Among other things, the additional tax will inevitably be reflected in the prices for the final consumer, which will lead to an increase in the price of products, including socially significant and vital ones, for example, medicines and medical products. Therefore, there is a risk of inflation due to an increase in the cost of the food basket. And, as a result, to support the solvency of citizens, there may be a need to apply compensatory measures. Besides, the mechanism of introducing an additional tax will require coordination with the state-regulated prices (markups) for goods, as it will lead to an increase in the price of the corresponding products, which will require a corresponding adjustment of such prices.

Moreover, today some companies are forced to import their own products (or some components for their production) to Ukraine from neighbouring European countries because their production facilities (partly or completely) are located either in the temporarily occupied territory or in the immediate proximity to the combat zone. Therefore, foreign economic activity for such companies is a significant or even the only source of support for their operational activities. And such measures for an additional tax on the purchase of foreign exchange funds can potentially lead to the introduction of a situation where it will be economically unprofitable to return foreign exchange earnings to Ukraine, and Ukraine may lose even more than gain an additional resource.

Meanwhile, the list of imported goods includes oil products, gas, coal, gasoline, medicines, active pharmaceutical ingredients for the production of medicines, and telecommunication equipment used for the development and restoration of telecommunication networks. In fact, these are critical imported goods, which cannot be replaced (produced) in Ukraine.

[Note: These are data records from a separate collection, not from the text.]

// The translator of written grammars to grammar files, as docs/TRANSLATION.md says it.
#![tactic(auto)]

ghost use Rattle.std.specs.Prelude.{◌≡◌, ◌≤◌};
ghost use Rattle.written.specs.Written.{MayBeEmpty};
ghost use Rattle.written.specs.Form.{end_in, written_of};
ghost use Rattle.written.specs.Refusals.{Stays, Sound};
ghost use Rattle.written.specs.Answers.{Translates};
ghost use Rattle.translation.specs.inner.Marks.{most_symbols, MarksAre};
ghost use Rattle.translation.specs.Answers.{answer_of, Keeps};

mod circular;
mod conditions;
pub mod form;
mod grow;
mod list;
mod marks;
mod places;
mod reach;
mod rules;
mod sides;
mod split;
mod write;

use crate::circular::circular;
use crate::conditions::{all_fruitful, all_reachable};
use crate::grow::{empties, staying};
use crate::list::{Full, RuleList};
use crate::marks::MOST;
use crate::places::{count_new, number};
use crate::rules::Written;
use crate::split::Tests;
use crate::write::write;
use grammar::file::{HEADER, RULE};
use grammar::limits::SYMBOLS;

// What was translated: how long the file is, and whether the empty sentence was there.
#[derive(Clone, Copy, PartialEq, Eq, Debug)]
pub struct Translated {
    pub length: usize,
    pub empty: bool,
}

// Why a written grammar is refused.
#[derive(Clone, Copy, PartialEq, Eq, Debug)]
pub enum Refusal {
    Malformed,
    Circular,
    Barren,
    Unreachable,
    NoSentence,
    NoRoom,
}

impl Refusal {
    ghost use Rattle.translation.specs.Answers.{number_of};

    // Its number.
    pub fn number(self) -> u32
        ensures { result ≡ number_of self }
    {
        match self {
            Refusal::Malformed => 16,
            Refusal::Circular => 17,
            Refusal::Barren => 18,
            Refusal::Unreachable => 19,
            Refusal::NoSentence => 20,
            Refusal::NoRoom => 21,
        }
    }
}

impl From<Full> for Refusal {
    ghost use Rattle.translation.specs.declared.Refusal.TheVariants.{NoRoom};

    ghost from_gives = { λ full refusal. refusal ≡ NoRoom };

    fn from(_: Full) -> Refusal {
        Refusal::NoRoom
    }
}

// Translates what none of 16 to 20 refuses. Nothing is written before there is room for all.
fn translate_sound(
    written: &Written<'_>,
    tests: &Tests<'_>,
    file: &mut [u8],
) -> Result<Translated, Refusal>
    requires { (end_in written.now ≤ most_symbols) × Sound (written_of written.now)
        × MarksAre (Stays (written_of written.now)) tests.now.keep.now
        × MarksAre (MayBeEmpty (written_of written.now)) tests.now.empty.now }
    ensures answers { Translates written.now file.old (answer_of result) file.new }
    ensures promised { Keeps (written_of written.now) (answer_of result) file.new }
{
    let first = number(tests.keep, written.end());
    let wrapper = first + count_new(written, tests.keep);
    if SYMBOLS < wrapper + 2 {
        return Err(Refusal::NoRoom);
    }
    let mut list = RuleList::new();
    split::list(written, tests, first, &mut list)?;
    let length = HEADER + RULE * (list.rules.count + 1);
    if file.len() < length {
        return Err(Refusal::NoRoom);
    }
    let s = written.start();
    write(
        file,
        &list.rules,
        written.tokens(),
        number(tests.keep, s),
        wrapper,
    );
    Ok(Translated {
        length,
        empty: tests.empty[s],
    })
}

// Translates a written grammar. Marks of 64 KiB each are used again for one question after the other: three of them are all that the
// stack holds. The file stands in the first bytes of `file`, and those behind it stay as they were. A refusal leaves all of them.
pub fn translate(written: &[u8], file: &mut [u8]) -> Result<Translated, Refusal>
    ensures answers { Translates written.now file.old (answer_of result) file.new }
    ensures promised { Keeps (written_of written.now) (answer_of result) file.new }
{
    let Some(written) = Written::read(written) else {
        return Err(Refusal::Malformed);
    };
    let mut empty = [false; MOST];
    let mut keep = [false; MOST];
    let mut other = [false; MOST];
    empties(&written, &mut empty);
    if circular(&written, &empty, &mut keep, &mut other) {
        return Err(Refusal::Circular);
    }
    if !all_fruitful(&written, &mut keep) {
        return Err(Refusal::Barren);
    }
    if !all_reachable(&written, &mut keep) {
        return Err(Refusal::Unreachable);
    }
    staying(&written, &mut keep);
    if !keep[written.start()] {
        return Err(Refusal::NoSentence);
    }
    let tests = Tests {
        keep: &keep,
        empty: &empty,
    };
    translate_sound(&written, &tests, file)
}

Besides, additional taxation of foreign exchange transactions may lead to increased pressure exclusively on transparent businesses that officially pay taxes, and the shadow sector of the economy, which works with cash currency funds or other “schemes”, will remain in a competitive advantage on the Ukrainian market. At the same time, it is likely that with the introduction of additional import taxation, the volumes of official import operations will further decrease, which will not lead to an increase in tax revenues. At the same time, this may have the opposite effect in the form of an increase in the volume of commodity smuggling.

It is obvious that Ukraine needs investments in wartime, but the introduction of additional taxation for companies looks like a tax on investments in Ukraine. Thus, according to the EBA member companies, the increase in the cost of capital investments for those projects that have already started may lead to their suspension. It will also affect the fulfillment of bilateral commitments under investment protection agreements with a number of countries, as such restrictions may violate them.

Therefore, the European Business Association appeals to Prime Minister of Ukraine Denys Shmyhal, Deputy Prime Minister of Ukraine – Minister of Economy of Ukraine Yulia Svyrydenko, Minister of Finance of Ukraine Serhii Marchenko, Governor of the National Bank of Ukraine Kyrylo Shevchenko, Chairman of the VRU Committee on Finance, Tax and Customs policy of Ukraine, Danylo Hetmantsev, with a call to fully assess the risks of the introduction of this tax both for the state and, particularly, for business, before making a decision. After all, the lion’s share of companies given current circumstances may simply not be able to withstand such a burden, because of which the reduction or even the closure of companies may be the result. And these are revenues to the state budget, jobs, and salaries provided by businesses to the people, etc. At the same time, if necessary, the business community offers to hold a broad discussion where companies can voice all possible consequences and effects for business.